## Your objective
If a line in the data below contains "unfolding", copy it.

## Exercise inputs
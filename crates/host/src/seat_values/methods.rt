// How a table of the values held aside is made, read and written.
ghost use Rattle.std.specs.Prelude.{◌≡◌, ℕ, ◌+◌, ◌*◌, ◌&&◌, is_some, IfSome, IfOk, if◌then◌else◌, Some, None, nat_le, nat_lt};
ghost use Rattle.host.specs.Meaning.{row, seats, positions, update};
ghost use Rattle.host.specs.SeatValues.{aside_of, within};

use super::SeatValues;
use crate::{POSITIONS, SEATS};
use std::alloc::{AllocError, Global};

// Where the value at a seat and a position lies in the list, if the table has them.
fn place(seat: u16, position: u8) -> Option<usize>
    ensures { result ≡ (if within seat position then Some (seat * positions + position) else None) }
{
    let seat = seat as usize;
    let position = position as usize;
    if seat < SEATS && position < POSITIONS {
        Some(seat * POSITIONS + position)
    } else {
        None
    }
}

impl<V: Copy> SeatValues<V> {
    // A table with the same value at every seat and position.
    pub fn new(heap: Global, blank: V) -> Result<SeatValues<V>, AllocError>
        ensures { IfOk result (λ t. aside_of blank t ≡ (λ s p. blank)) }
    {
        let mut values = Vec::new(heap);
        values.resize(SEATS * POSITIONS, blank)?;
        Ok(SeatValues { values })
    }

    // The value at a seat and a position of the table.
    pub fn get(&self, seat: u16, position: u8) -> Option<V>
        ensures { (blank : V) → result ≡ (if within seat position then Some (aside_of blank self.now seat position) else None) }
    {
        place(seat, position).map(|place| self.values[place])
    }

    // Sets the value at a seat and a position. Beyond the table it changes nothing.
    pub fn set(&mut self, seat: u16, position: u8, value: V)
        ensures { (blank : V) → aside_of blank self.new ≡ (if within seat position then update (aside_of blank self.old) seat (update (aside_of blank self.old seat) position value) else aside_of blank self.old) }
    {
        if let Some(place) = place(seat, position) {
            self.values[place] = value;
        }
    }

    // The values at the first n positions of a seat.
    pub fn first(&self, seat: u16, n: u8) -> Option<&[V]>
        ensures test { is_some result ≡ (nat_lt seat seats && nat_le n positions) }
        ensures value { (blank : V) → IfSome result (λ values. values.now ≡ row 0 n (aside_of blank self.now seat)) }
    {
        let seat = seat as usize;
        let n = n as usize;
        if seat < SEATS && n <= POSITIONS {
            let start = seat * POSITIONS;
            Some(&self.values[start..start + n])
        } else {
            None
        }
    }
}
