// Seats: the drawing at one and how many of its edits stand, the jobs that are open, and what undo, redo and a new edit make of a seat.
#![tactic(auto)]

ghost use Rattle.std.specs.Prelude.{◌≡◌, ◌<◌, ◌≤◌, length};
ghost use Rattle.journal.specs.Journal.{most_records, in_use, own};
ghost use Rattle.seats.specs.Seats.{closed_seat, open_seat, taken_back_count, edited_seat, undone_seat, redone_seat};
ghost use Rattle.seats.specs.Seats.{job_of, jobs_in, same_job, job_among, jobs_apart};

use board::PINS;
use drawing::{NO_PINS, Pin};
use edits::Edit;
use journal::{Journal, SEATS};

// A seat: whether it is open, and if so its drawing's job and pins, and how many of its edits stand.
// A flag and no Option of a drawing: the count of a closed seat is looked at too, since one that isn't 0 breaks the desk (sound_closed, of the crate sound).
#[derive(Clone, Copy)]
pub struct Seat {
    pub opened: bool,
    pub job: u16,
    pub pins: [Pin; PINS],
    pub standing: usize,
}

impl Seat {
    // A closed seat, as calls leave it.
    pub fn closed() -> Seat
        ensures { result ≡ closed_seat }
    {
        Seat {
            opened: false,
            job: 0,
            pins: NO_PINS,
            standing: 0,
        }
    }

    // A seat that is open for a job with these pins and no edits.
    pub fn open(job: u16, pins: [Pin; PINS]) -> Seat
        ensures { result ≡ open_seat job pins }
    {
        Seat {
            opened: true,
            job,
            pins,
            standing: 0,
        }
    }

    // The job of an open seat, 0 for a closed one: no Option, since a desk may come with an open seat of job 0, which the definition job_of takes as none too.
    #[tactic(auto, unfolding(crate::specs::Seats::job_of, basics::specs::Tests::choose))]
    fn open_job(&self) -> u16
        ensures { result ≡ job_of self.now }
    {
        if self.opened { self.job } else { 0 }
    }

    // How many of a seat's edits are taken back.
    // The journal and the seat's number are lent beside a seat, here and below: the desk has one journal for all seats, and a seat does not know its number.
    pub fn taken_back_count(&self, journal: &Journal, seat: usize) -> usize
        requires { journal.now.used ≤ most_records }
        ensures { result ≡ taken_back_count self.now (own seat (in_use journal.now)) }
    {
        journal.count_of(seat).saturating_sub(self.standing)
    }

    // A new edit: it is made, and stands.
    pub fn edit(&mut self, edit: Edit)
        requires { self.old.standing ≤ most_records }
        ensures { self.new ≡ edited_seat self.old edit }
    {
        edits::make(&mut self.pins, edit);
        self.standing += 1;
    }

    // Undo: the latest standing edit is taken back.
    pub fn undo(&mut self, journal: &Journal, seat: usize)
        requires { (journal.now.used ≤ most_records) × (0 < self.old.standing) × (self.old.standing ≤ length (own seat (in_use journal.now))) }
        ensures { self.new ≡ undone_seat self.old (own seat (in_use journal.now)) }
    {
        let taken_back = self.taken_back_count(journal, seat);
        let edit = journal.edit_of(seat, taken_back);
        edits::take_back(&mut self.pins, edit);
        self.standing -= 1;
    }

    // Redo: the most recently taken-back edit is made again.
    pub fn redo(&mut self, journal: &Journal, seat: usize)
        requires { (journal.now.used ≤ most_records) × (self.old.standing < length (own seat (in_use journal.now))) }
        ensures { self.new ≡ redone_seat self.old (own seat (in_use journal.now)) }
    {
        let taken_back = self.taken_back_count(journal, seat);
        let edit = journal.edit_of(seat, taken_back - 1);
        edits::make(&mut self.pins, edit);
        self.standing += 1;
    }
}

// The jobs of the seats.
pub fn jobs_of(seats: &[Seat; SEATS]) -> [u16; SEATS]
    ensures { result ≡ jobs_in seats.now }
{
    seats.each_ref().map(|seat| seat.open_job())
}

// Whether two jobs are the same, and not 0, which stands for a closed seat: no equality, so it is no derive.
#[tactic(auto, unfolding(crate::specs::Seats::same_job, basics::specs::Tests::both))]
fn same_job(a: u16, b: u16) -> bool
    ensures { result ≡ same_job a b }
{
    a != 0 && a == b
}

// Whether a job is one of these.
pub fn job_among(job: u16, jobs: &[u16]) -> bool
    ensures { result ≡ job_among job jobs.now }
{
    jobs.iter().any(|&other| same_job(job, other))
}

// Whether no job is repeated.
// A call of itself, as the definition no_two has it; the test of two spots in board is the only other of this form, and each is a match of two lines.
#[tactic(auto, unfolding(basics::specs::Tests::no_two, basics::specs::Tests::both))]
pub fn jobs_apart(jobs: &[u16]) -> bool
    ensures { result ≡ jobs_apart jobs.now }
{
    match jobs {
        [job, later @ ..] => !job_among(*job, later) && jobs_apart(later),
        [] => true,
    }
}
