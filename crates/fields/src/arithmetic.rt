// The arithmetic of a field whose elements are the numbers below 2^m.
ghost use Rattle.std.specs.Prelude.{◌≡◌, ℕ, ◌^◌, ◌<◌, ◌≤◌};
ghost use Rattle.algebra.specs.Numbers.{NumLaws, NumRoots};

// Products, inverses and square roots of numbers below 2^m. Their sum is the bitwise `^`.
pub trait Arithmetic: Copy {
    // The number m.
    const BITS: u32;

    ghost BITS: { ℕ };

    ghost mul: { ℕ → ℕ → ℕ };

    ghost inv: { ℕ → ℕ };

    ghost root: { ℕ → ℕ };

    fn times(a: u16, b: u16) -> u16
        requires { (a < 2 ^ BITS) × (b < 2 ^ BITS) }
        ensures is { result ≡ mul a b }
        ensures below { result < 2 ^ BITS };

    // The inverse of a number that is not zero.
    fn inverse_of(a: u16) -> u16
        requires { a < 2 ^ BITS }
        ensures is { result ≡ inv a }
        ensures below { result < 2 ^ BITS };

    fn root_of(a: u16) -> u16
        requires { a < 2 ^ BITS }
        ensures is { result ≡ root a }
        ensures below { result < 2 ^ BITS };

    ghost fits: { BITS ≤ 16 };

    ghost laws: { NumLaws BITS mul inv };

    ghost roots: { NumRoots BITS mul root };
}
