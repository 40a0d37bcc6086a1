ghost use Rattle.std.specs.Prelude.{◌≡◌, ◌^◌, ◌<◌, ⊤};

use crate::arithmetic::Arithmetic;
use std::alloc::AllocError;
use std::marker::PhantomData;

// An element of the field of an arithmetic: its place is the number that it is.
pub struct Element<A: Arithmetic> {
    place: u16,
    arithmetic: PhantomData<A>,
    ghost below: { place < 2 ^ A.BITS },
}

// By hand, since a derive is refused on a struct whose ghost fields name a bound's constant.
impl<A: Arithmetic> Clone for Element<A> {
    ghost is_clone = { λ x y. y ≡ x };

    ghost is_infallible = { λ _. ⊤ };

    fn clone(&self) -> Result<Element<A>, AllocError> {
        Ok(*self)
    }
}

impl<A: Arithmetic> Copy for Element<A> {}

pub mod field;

## Exercise answer
    #[tactic(auto, unfolding(crate::specs::Seats::job_of, basics::specs::Tests::choose))]
#[tactic(auto, unfolding(crate::specs::Seats::same_job, basics::specs::Tests::both))]
#[tactic(auto, unfolding(basics::specs::Tests::no_two, basics::specs::Tests::both))]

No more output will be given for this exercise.